## PROBLEM DETAILS
Search the records for the string "once" and copy every line where it turns up.

## GIVEN DATA
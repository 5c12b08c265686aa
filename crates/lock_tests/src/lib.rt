//! Tests of the lock with threads: what no contract says of it, that nothing is lost or sent twice, and what reaches a
//! transport; and each setter of a copy of a scope.
#![tactic(auto)]

#[cfg(test)]
mod calling;
#[cfg(test)]
mod crowd;
#[cfg(test)]
mod deliveries;
#[cfg(test)]
mod dropping;
#[cfg(test)]
mod ends;
#[cfg(test)]
mod gate;
#[cfg(test)]
mod guards;
#[cfg(test)]
mod labels;
#[cfg(test)]
mod losses;
#[cfg(test)]
mod queues;
#[cfg(test)]
mod quiet;
#[cfg(test)]
mod sending;
#[cfg(test)]
mod setters;
#[cfg(test)]
mod threads;
#[cfg(test)]
mod workshop;
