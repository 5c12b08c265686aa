//! What calls let go and a caller's code drops: event processors, and the callbacks of a client. A share of it is held until
//! the lock is free.

use crate::locked::Core;
use sentry_base::callbacks::EventCallback;
use sentry_base::protocol::{ClientKey, HubKey};
use sentry_engine::call::{Call, ClientCall, HubCall};
use sentry_engine::{EventProcessors, one_clears};
use sentry_options::{Callbacks, ClientOptions};
use sentry_plain::{Boxed, Shared};
use sentry_scope::{Scope, ScopeEdit};

/// A share of what a call may let go, to be dropped once the lock is free.
#[derive(Drop)]
pub(crate) enum LetGo<P, C> {
    Nothing,
    Processors(EventProcessors<P>),
    Options(Shared<ClientOptions<C>>),
}

/// The processors of a scope that a call takes.
pub(crate) fn processors_in<P: Drop, C>(scope: &Scope<P>) -> LetGo<P, C> {
    match scope.processors.clone() {
        Ok(processors) => LetGo::Processors(processors),
        Err(_) => LetGo::Nothing,
    }
}

fn processors_in_box<P: Drop, C>(scope: Option<&Boxed<Scope<P>>>) -> LetGo<P, C> {
    match scope {
        Some(scope) => processors_in(scope.get()),
        None => LetGo::Nothing,
    }
}

impl<P: EventCallback + Drop, C: Callbacks, T: Drop> Core<P, C, T> {
    /// The processors of the top layer of a hub.
    pub(crate) fn processors_of(&self, hub: HubKey) -> LetGo<P, C> {
        match self.engine.event_processors(hub) {
            Ok(processors) => LetGo::Processors(processors),
            Err(_) => LetGo::Nothing,
        }
    }

    /// The same, if one of the edits clears the scope.
    pub(crate) fn processors_cleared(&self, hub: HubKey, edits: &[ScopeEdit<P>]) -> LetGo<P, C> {
        if !one_clears(edits) {
            return LetGo::Nothing;
        }
        self.processors_of(hub)
    }

    fn options_of(&self, client: ClientKey) -> LetGo<P, C> {
        match self.engine.options(client) {
            Ok(out) => LetGo::Options(out.reply),
            Err(_) => LetGo::Nothing,
        }
    }

    fn let_go_by_client_call(&self, call: &ClientCall<P, C>) -> LetGo<P, C> {
        match call {
            ClientCall::PrepareEvent { scope, .. } | ClientCall::ClientCaptureEvent { scope, .. } =>
                { processors_in_box(scope.as_ref()) }
            ClientCall::ClientCaptureLog { scope, .. }
            | ClientCall::ClientCaptureMetric { scope, .. } => processors_in(scope.get()),
            ClientCall::DropClient(client) => self.options_of(*client),
            _ => LetGo::Nothing,
        }
    }

    fn let_go_by_hub_call(&self, call: &HubCall<P>) -> LetGo<P, C> {
        match call {
            HubCall::NewHub { scope, .. } => processors_in(scope.get()),
            HubCall::Configure { hub, edits, .. } => {
                self.processors_cleared(*hub, edits.as_slice())
            }
            HubCall::PopScope { hub, .. } | HubCall::ReleaseHub { hub, .. } => {
                self.processors_of(*hub)
            }
            _ => LetGo::Nothing,
        }
    }

    /// What a call as a value may let go, or takes with a scope.
    pub(crate) fn let_go_by(&self, call: &Call<P, C>) -> LetGo<P, C> {
        match call {
            Call::Client(call) => self.let_go_by_client_call(call),
            Call::Hub(call) => self.let_go_by_hub_call(call),
            Call::Span(_) => LetGo::Nothing,
        }
    }
}
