//! A thread that sleeps at the gate of a lock: it is woken once the lock is free.
use crate::quiet::{Passes, Quiet};
use crate::workshop::{Held, options};
use sentry_base::protocol::Refusal;
use sentry_lock::{Client, CoreLock, Gate, Locked, SharedCore, Waiting};
use sentry_transport::NoOpTransport;
use std::alloc::{AllocError, Global};
use std::convert::Infallible;
use std::sync::{Arc, Mutex, MutexGuard, Wait};
use std::test::Fail;
use std::thread::{Threads, join, sleep, yield_now};
use std::time::{Clock, Duration};

/// Whether a thread holds the lock, and how many began to sleep at its gate.
#[derive(Clone, Copy)]
struct Notes {
    is_held: bool,
    asleep: u64,
}

/// What two threads tell each other.
#[derive(Drop)]
struct Board<R: Wait + Drop> {
    rt: R,
    notes: Mutex<Notes>,
}

impl<R: Wait + Drop> Board<R> {
    fn new(rt: R, alloc: Global) -> Result<Arc<Board<R>>, AllocError> {
        let notes = Mutex::new(Notes {
            is_held: false,
            asleep: 0,
        });
        Ok(Arc::new(alloc, Board { rt, notes })?)
    }

    fn notes(&self) -> Notes {
        *self.notes.lock(&self.rt)
    }

    fn note_holder(&self) {
        self.notes.lock(&self.rt).is_held = true;
    }

    fn count_sleeper(&self) {
        let mut notes = self.notes.lock(&self.rt);
        notes.asleep = notes.asleep.wrapping_add(1);
    }

    fn wait_for_holder(&self) {
        for _ in self.rt.forever() {
            if self.notes().is_held {
                return;
            }
            yield_now();
        }
    }

    fn wait_for_sleeper(&self) {
        for _ in self.rt.forever() {
            if self.notes().asleep != 0 {
                return;
            }
            yield_now();
        }
    }
}

/// Counts each thread that is to sleep.
#[derive(Drop)]
struct Counting<R: Wait + Drop> {
    waiting: Waiting<R>,
    board: Arc<Board<R>>,
}

impl<R: Wait + Drop> Gate for Counting<R> {
    fn enter<'a>(&self, gate: &'a Mutex<()>) -> MutexGuard<'a, ()> {
        self.board.count_sleeper();
        self.waiting.enter(gate)
    }

    fn never(&self) -> Infallible {
        self.waiting.never()
    }
}

/// Holds the lock until another thread sleeps, and somewhat longer: it counts as asleep shortly before it is.
fn hold<R: Wait + Clock + Drop, L: CoreLock>(client: &Client<L>, board: &Board<R>) {
    let guard = client.core().lock();
    board.note_holder();
    board.wait_for_sleeper();
    sleep(&board.rt, Duration::from_millis(10));
    drop(guard);
}

/// Makes a call while the lock is held.
fn call<R: Wait + Drop, L: CoreLock>(
    client: &Client<L>,
    board: &Board<R>,
) -> Result<bool, Refusal> {
    board.wait_for_holder();
    client.is_enabled()
}

/// Does both at once. Where the thread that sleeps is not woken this never ends, and the test is stopped.
fn call_while_held<R: Threads + Wait + Clock + Sync + Drop, L: CoreLock + Send + Sync + 'static>(
    rt: &R,
    client: &Client<L>,
    board: &Board<R>,
) -> Result<bool, Refusal>
where
    L::Processor: Send + Sync + 'static,
    L::Callbacks: Send + Sync + 'static,
    L::Transport: Send + Sync + 'static,
{
    let ((), answer) = join(rt, || hold(client, board), || call(client, board));
    answer
}

type WatchedLock<R> = Locked<Passes, Quiet, NoOpTransport, Counting<R>>;

#[test]
fn a_thread_that_sleeps_at_the_gate_is_woken(rt: HostRuntime) -> Result<(), Fail> {
    let alloc: Global = rt.alloc();
    let board = Board::new(rt, alloc)?;
    let wait = Counting {
        waiting: Waiting(rt),
        board: board.clone()?,
    };
    let core: SharedCore<WatchedLock<HostRuntime>> = SharedCore::new(wait, alloc, 1)?;
    let held = Held::on(&core, options(alloc, false)?, Some(NoOpTransport))?;
    let is_enabled = call_while_held(&rt, &held.client, &board)?;
    assert!(rt; is_enabled && board.notes().asleep == 1);
    Ok(())
}
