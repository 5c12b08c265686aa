//! Calls as values, under the lock.

ghost use Rattle.std.specs.Prelude.{◌≡◌, ◌⊎◌, ◌+◌, ◌≤◌, Ok, Err, [], true, false, IfOk, IfErr, OnOk, length, vec_len};
ghost use Rattle.std.specs.List.{list_all};
ghost use Rattle.std.specs.Vec.{vec_capacity};
ghost use Rattle.sentry_calls.specs.Steps.{step, needs};
ghost use Rattle.sentry_state.specs.Outcomes.{DoesWith};
ghost use Rattle.sentry_state.specs.declared.state.State.{State};
ghost use Rattle.sentry_lock.specs.Answers.{MakesNot};
ghost use Rattle.sentry_lock.specs.CallLists.{MakesEach, RefusesOne};
ghost use Rattle.sentry_lock.specs.Locked.{DrainsFor, ForgetsDropped};
ghost use Rattle.sentry_lock.specs.ValueCalls.{is_ordinary_call, can_hand_out, client_call_can_hand_out, hub_call_can_hand_out};
ghost use Rattle.sentry_lock.specs.Words.{Drainers};

use crate::handed::{Handed, Routes, Transports};
use crate::locked::Core;
use crate::locked::let_go::LetGo;
use sentry_base::callbacks::EventCallback;
use sentry_base::protocol::Refusal;
use sentry_engine::call::{Answer, Call, ClientCall, HubCall, Reply, SpanCall};
use sentry_options::Callbacks;
use std::alloc::AllocError;

fn client_call_can_hand_out<P, C>(call: &ClientCall<P, C>) -> bool
    ensures { result ≡ client_call_can_hand_out call.now }
{
    match call {
        ClientCall::Options(_)
        | ClientCall::Dsn(_)
        | ClientCall::IsEnabled(_)
        | ClientCall::SampleShouldSend { .. }
        | ClientCall::PrepareEvent { .. }
        | ClientCall::CloneClient { .. }
        | ClientCall::TakeReport(_) => false,
        _ => true,
    }
}

fn hub_call_can_hand_out<P>(call: &HubCall<P>) -> bool
    ensures { result ≡ hub_call_can_hand_out call.now }
{
    match call {
        HubCall::NewHub { .. }
        | HubCall::AddBreadcrumbs { .. }
        | HubCall::LastEventId(_)
        | HubCall::Client(_)
        | HubCall::IsActive(_)
        | HubCall::Scope(_)
        | HubCall::PushScope(_)
        | HubCall::NewHubFromTop(_)
        | HubCall::BindClient { .. } => false,
        _ => true,
    }
}

// Whether a call can hand out envelopes: all others leave the losses in their words, and take no share of the transports.
fn can_hand_out<P, C>(call: &Call<P, C>) -> bool
    ensures { result ≡ can_hand_out call.now }
{
    match call {
        Call::Client(call) => client_call_can_hand_out(call),
        Call::Hub(call) => hub_call_can_hand_out(call),
        Call::Span(SpanCall::FinishTransaction { .. }) => true,
        Call::Span(_) => false,
    }
}

impl<P: EventCallback + Drop, C: Callbacks, T: Drop> Core<P, C, T> {
    // A share of the transports as they are, for a call that can hand out envelopes.
    fn transports_for(&self, call: &Call<P, C>) -> Result<Option<Transports<T>>, AllocError> {
        if !can_hand_out(call) {
            return Ok(None);
        }
        Ok(Some(self.routes.all()?))
    }

    // Makes one call of the engine.
    fn apply_call(&mut self, call: Call<P, C>) -> Answer<P, C>
        requires { is_ordinary_call call ≡ true }
        ensures does { DoesWith (needs call) self.old.engine self.new.engine result (step P.gives C.meanings call) }
        ensures silent { IfOk result (λ out. can_hand_out call ≡ false → out.sent ≡ []) }
        ensures drainers { self.new.drainers ≡ self.old.drainers }
        ensures labels { self.new.next_label ≡ self.old.next_label }
    {
        self.engine.apply(call)
    }

    // Makes one call, which isn't made by a method of its own, and before which the losses were drained.
    fn apply(&mut self, call: Call<P, C>) -> Result<Handed<Reply<P, C>, T>, Refusal>
        requires { is_ordinary_call call ≡ true }
        ensures done { IfOk result (λ handed. DoesWith (needs call) self.old.engine self.new.engine
            (Ok handed.out) (step P.gives C.meanings call)) }
        ensures silent { IfOk result (λ handed. can_hand_out call ≡ false → handed.out.sent ≡ []) }
        ensures forgets { IfOk result (λ _.
            ForgetsDropped call self.old.engine self.new.engine self.old.drainers self.new.drainers) }
        ensures refused { IfErr result (λ _. (self.new.engine ≡ self.old.engine)
            × (self.new.drainers ≡ self.old.drainers)) }
        ensures refusal { IfErr result (λ refusal. (refusal ≡ Refusal.OutOfMemory)
            ⊎ DoesWith (needs call) self.old.engine self.old.engine (Err refusal) (step P.gives C.meanings call)) }
        ensures labels { self.new.next_label ≡ self.old.next_label }
    {
        let transports = self.transports_for(&call)?;
        let after = self.transports_after(&call)?;
        let dropped = self.dropped_label(&call);
        let out = self.apply_call(call)?;
        if let Some(after) = after {
            self.routes = Routes::by(after);
        }
        self.forget_dropped(dropped);
        Ok(Handed { out, transports })
    }

    // Drains the words of all labels, if the call can hand out envelopes.
    #[tactic(auto, unfolding(crate::specs::Locked::DrainsAll))]
    fn drain_for(&mut self, call: &Call<P, C>)
        ensures drained { DrainsFor (can_hand_out call.now) self.old.tag self.old.engine self.new.engine
            self.old.drainers self.new.drainers }
        ensures labels { self.new.next_label ≡ self.old.next_label }
    {
        if can_hand_out(call) {
            self.drain_each_label();
        }
    }

    /// Drains the words of all labels, if the call can hand out envelopes, and makes the call. What was absorbed stays so
    /// if the call is refused.
    pub(crate) fn drain_and_apply(
        &mut self,
        call: Call<P, C>,
    ) -> Result<Handed<Reply<P, C>, T>, Refusal>
        requires { is_ordinary_call call ≡ true }
        ensures done { IfOk result (λ handed. (between : State P C) × (drained : Drainers)
            × DrainsFor (can_hand_out call) self.old.tag self.old.engine between self.old.drainers drained
            × DoesWith (needs call) between self.new.engine (Ok handed.out) (step P.gives C.meanings call)
            × ForgetsDropped call between self.new.engine drained self.new.drainers) }
        ensures silent { IfOk result (λ handed. can_hand_out call ≡ false → handed.out.sent ≡ []) }
        ensures refused { IfErr result (λ _. DrainsFor (can_hand_out call) self.old.tag
            self.old.engine self.new.engine self.old.drainers self.new.drainers) }
        ensures refusal { IfErr result (λ refusal. MakesNot self.old (can_hand_out call) (needs call)
            refusal (step P.gives C.meanings call)) }
        ensures labels { self.new.next_label ≡ self.old.next_label }
    {
        self.drain_for(&call);
        match self.apply(call) {
            Ok(handed) => Ok(handed),
            Err(refusal) => Err(refusal),
        }
    }

    /// The same with each call of a list, in order, up to the first that is refused, and answers that refusal. What they
    /// hand out goes to the end of one list, what they may let go to the end of the other.
    pub(crate) fn apply_all(
        &mut self,
        calls: Vec<Call<P, C>>,
        all: &mut Vec<Handed<Reply<P, C>, T>>,
        let_go: &mut Vec<LetGo<P, C>>,
    ) -> Result<(), Refusal>
        requires ordinary { list_all is_ordinary_call calls.items ≡ true }
        requires room { vec_len all.old + length calls.items ≤ vec_capacity all.old }
        requires room_beside { vec_len let_go.old + length calls.items ≤ vec_capacity let_go.old }
        ensures done { OnOk result (MakesEach T P.gives C.meanings self.old self.new calls.items) }
        ensures refused { IfErr result (λ refusal. RefusesOne T P.gives C.meanings self.old calls.items refusal) }
        ensures labels { self.new.next_label ≡ self.old.next_label }
    {
        for call in calls {
            let_go.push_reserved(self.let_go_by(&call));
            match self.drain_and_apply(call) {
                Ok(handed) => all.push_reserved(handed),
                Err(refusal) => return Err(refusal),
            }
        }
        Ok(())
    }
}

## RESULT OF THIS TASK
/// A share of what a call may let go, to be dropped once the lock is free.
//! A thread that sleeps at the gate of a lock: it is woken once the lock is free.
/// Does both at once. Where the thread that sleeps is not woken this never ends, and the test is stopped.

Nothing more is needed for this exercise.